The <security-role> tag declares the security roles that you want to use in this application. There can be zero or more security roles in an application. In this example, two security roles, namely, admin and user are used.
The <security-constraint> tag declares the authorization constraints for resources and the <url-pattern> tag specifies the URL pattern to which the constraint should apply. In this example, /admin/* means that all URLs starting with "/admin/" will be subject to this security constraint. Assuming that the application is available at http://localhost:8080/mywebapp, some of the URLs would be http://localhost:8080/mywebapp/admin/admin.jsp, http://localhost:8080/mywebapp/admin/another.jsp, and so on. The <auth-constraint> tag specifies the security roles that have access to the URL pattern.
The <auth-method> tag in login-config inside the application deployment descriptor enables you to specify the authentication method to be used by the web application. Valid values are BASIC, DIGEST, FORM, and CLIENT-CERT. These options are explained as follows:
When BASIC or DIGEST is specified, the login happens using a browser-specific dialog box.

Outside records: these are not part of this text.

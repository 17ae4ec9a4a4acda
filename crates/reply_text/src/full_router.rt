//! The line of a router with all that its last connection told.
ghost use Rattle.std.specs.Prelude.{◌≡◌, ◌++◌, [], ◌∷◌, None, codes, map};
ghost use Rattle.ask_specs.specs.FullRouters.{counted_fields, endpoint_text, family_count_text, full_router_line, opening_fields, passed_fields};
ghost use Rattle.bmp_specs.specs.Lines.{further};
ghost use Rattle.bmp_specs.specs.NumberText.{number_text};
ghost use Rattle.bmp_specs.specs.RouteLine.{comma, comma_list, text_or_absent};
ghost use Rattle.bmp_specs.specs.Session.{live, shut};
ghost use Rattle.reply_text.specs.FullRouter.{lane_state};
ghost use Rattle.reply_text.specs.Pieces.{behind, cause_counts, spaced};
ghost use Rattle.wire_io.specs.Writes.{Writes};

use crate::lines::put_cause_fields;
use crate::router::{put_counted, put_state};
use bmp_specs::{Cause, Family};
use ip_prefix::Endpoint;
use itoa::Buffer;
use rib_model::Opening;
use stats_book::{Connection, FamilyCount, Passed};
use wire_io::{Failed, Sink, write_all, write_pieces};

/// Whether a lane has a connection.
#[derive(Clone, Copy, Debug, PartialEq, Eq)]
pub enum ConnectionState {
    /// It never had one.
    Idle,

    /// It has one.
    Live,

    /// Its last one was closed.
    Closed(Cause),
}

/// Writes the line of the router of a lane with all that its last connection told: from where it came, when
/// it was opened and closed, what it counted, what the router calls itself (RFC 7854, section 4.4), and which
/// parts of its messages were passed over. Where a write fails, a front of the line was written.
pub fn put_full_router<O: Sink>(
    out: &mut O,
    lane: u32,
    state: ConnectionState,
    connection: &Connection<'_>,
) -> Result<(), Failed>
    ensures { Writes O.faults O.told O.aside out.old (full_router_line lane (lane_state state) connection.now) result out.new }
{
    match state {
        ConnectionState::Idle => put_state(out, lane, b"idle from=- since=- until=-\n"),
        ConnectionState::Live => put_live(out, lane, connection),
        ConnectionState::Closed(cause) => put_closed(out, lane, cause, connection),
    }
}

// Writes the line of a lane with a connection.
fn put_live<O: Sink>(out: &mut O, lane: u32, connection: &Connection<'_>) -> Result<(), Failed>
    ensures { Writes O.faults O.told O.aside out.old (full_router_line lane live connection.now) result out.new }
{
    put_state(out, lane, b"live")?;
    put_open_connection(out, connection)
}

// Writes what an open connection told, and the end of the line.
fn put_open_connection<O: Sink>(out: &mut O, connection: &Connection<'_>) -> Result<(), Failed>
    ensures { Writes O.faults O.told O.aside out.old (further (counted_fields connection.now.up connection.now.counts connection.now.name connection.now.descr
        ++ (opening_fields connection.now.came None ++ passed_fields connection.now.passed))) result out.new }
{
    put_counted(
        out,
        connection.peers,
        &connection.counts,
        connection.name,
        connection.descr,
    )?;
    put_opening(out, &connection.came, None)?;
    put_passed(out, connection.passed)
}

// Writes the line of a lane whose last connection was closed.
fn put_closed<O: Sink>(
    out: &mut O,
    lane: u32,
    cause: Cause,
    connection: &Connection<'_>,
) -> Result<(), Failed>
    ensures { Writes O.faults O.told O.aside out.old (full_router_line lane (shut cause) connection.now) result out.new }
{
    put_state(out, lane, b"closed")?;
    put_cause_fields(out, cause)?;
    put_closed_connection(out, connection)
}

// Writes what a closed connection told, and the end of the line.
fn put_closed_connection<O: Sink>(out: &mut O, connection: &Connection<'_>) -> Result<(), Failed>
    ensures { Writes O.faults O.told O.aside out.old (further (opening_fields connection.now.came connection.now.until
        ++ (counted_fields connection.now.up connection.now.counts connection.now.name connection.now.descr ++ passed_fields connection.now.passed))) result out.new }
{
    put_opening(out, &connection.came, connection.until)?;
    put_counted(
        out,
        connection.peers,
        &connection.counts,
        connection.name,
        connection.descr,
    )?;
    put_passed(out, connection.passed)
}

// Writes from where a connection came, when it was opened, and when it was closed.
fn put_opening<O: Sink>(out: &mut O, came: &Opening, until: Option<u64>) -> Result<(), Failed>
    ensures { Writes O.faults O.told O.aside out.old (spaced (opening_fields came.now until)) result out.new }
{
    put_from(out, &came.from)?;
    put_time(out, b" since=", came.since)?;
    put_time(out, b" until=", until)
}

// Writes the field of from where a connection came.
fn put_from<O: Sink>(out: &mut O, from: &Option<Endpoint>) -> Result<(), Failed>
    ensures { Writes O.faults O.told O.aside out.old (codes " from=" ++ text_or_absent endpoint_text from.now) result out.new }
{
    match from {
        None => write_all(out, b" from=-"),
        Some(endpoint) => put_endpoint(out, endpoint),
    }
}

// Writes the field of an address and a port. An IPv6 address stands in brackets (RFC 3986, section 3.2.2).
fn put_endpoint<O: Sink>(out: &mut O, endpoint: &Endpoint) -> Result<(), Failed>
    ensures { Writes O.faults O.told O.aside out.old (codes " from=" ++ endpoint_text endpoint.now) result out.new }
{
    let address = endpoint.address.text();
    let mut buffer = Buffer::new();
    let port = buffer.format(endpoint.port).as_bytes();
    match endpoint.address.family() {
        Family::V4 => write_pieces(out, &[b" from=", address.as_slice(), b":", port]),
        Family::V6 => write_pieces(out, &[b" from=[", address.as_slice(), b"]:", port]),
    }
}

// Writes a time, in seconds since 1970, after the text before it.
fn put_time<O: Sink>(out: &mut O, before: &[u8], seconds: Option<u64>) -> Result<(), Failed>
    ensures { Writes O.faults O.told O.aside out.old (before.now ++ text_or_absent number_text seconds) result out.new }
{
    match seconds {
        None => write_pieces(out, &[before, b"-"]),
        Some(seconds) => {
            let mut buffer = Buffer::new();
            write_pieces(out, &[before, buffer.format(seconds).as_bytes()])
        }
    }
}

// Writes the parts that were passed over, and the end of the line.
fn put_passed<O: Sink>(out: &mut O, passed: &Passed) -> Result<(), Failed>
    ensures { Writes O.faults O.told O.aside out.old (further (passed_fields passed.now)) result out.new }
{
    put_cause_counts(out, passed)?;
    put_families(out, passed.others())?;
    put_more(out, passed.more())
}

// Writes how many parts were passed over for each cause but a family.
fn put_cause_counts<O: Sink>(out: &mut O, passed: &Passed) -> Result<(), Failed>
    ensures { Writes O.faults O.told O.aside out.old (spaced (cause_counts passed.now)) result out.new }
{
    write_pieces(
        out,
        &[
            b" tlvs=",
            Buffer::new().format(passed.tlvs()).as_bytes(),
            b" stats=",
            Buffer::new().format(passed.stats()).as_bytes(),
            b" malformed=",
            Buffer::new().format(passed.malformed()).as_bytes(),
        ],
    )
}

// Writes a family and its count after the text before them.
fn put_family<O: Sink>(out: &mut O, before: &[u8], count: &FamilyCount) -> Result<(), Failed>
    ensures { Writes O.faults O.told O.aside out.old (before.now ++ family_count_text count.now) result out.new }
{
    write_pieces(
        out,
        &[
            before,
            Buffer::new().format(count.family.afi).as_bytes(),
            b"/",
            Buffer::new().format(count.family.safi).as_bytes(),
            b":",
            Buffer::new().format(count.count).as_bytes(),
        ],
    )
}

// Writes families and their counts, each after a comma.
fn put_further_families<O: Sink>(out: &mut O, counts: &[FamilyCount]) -> Result<(), Failed>
    ensures { Writes O.faults O.told O.aside out.old (behind comma (map family_count_text counts.now)) result out.new }
{
    for count in counts {
        put_family(out, b",", count)?;
    }
    Ok(())
}

// Writes the field of the families that were passed over (RFC 4760, section 3).
fn put_families<O: Sink>(out: &mut O, counts: &[FamilyCount]) -> Result<(), Failed>
    ensures { Writes O.faults O.told O.aside out.old (codes " others=" ++ comma_list (map family_count_text counts.now)) result out.new }
{
    match counts {
        [] => write_all(out, b" others=-"),
        [first, rest @ ..] => {
            put_family(out, b" others=", first)?;
            put_further_families(out, rest)
        }
    }
}

// Writes how often families were passed over that have no count of their own, and the end of the line.
fn put_more<O: Sink>(out: &mut O, more: u64) -> Result<(), Failed>
    ensures { Writes O.faults O.told O.aside out.old (codes " more=" ++ (number_text more ++ codes "\n")) result out.new }
{
    write_pieces(
        out,
        &[b" more=", Buffer::new().format(more).as_bytes(), b"\n"],
    )
}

The BASIC auth-method is used in some of the sample applications used in this book.
For FORM auth-method, the login happens using a login page configured using form-login-config. The following is an example of a web application deployment descriptor that configures FORM authentication:
<login-config> <auth-method>FORM</auth-method> <realm-name>Not required for FORM auth</realm-name> <form-login-config> <form-login-page>/login/login.jsp</form-login-page> <form-error-page>/login/loginerror.jsp</form-error-page> </form-login-config> </login-config>
An example of how the form should be coded into the HTML page is as follows:
<form method="POST" action="j_security_check"> <input type="text" name="j_username"> <input type="text" name="j_password"> </form>
The action of the login form must always be j_security_check. The j_username input field should be used to get the username, and the j_password input field should be used to get the user's password.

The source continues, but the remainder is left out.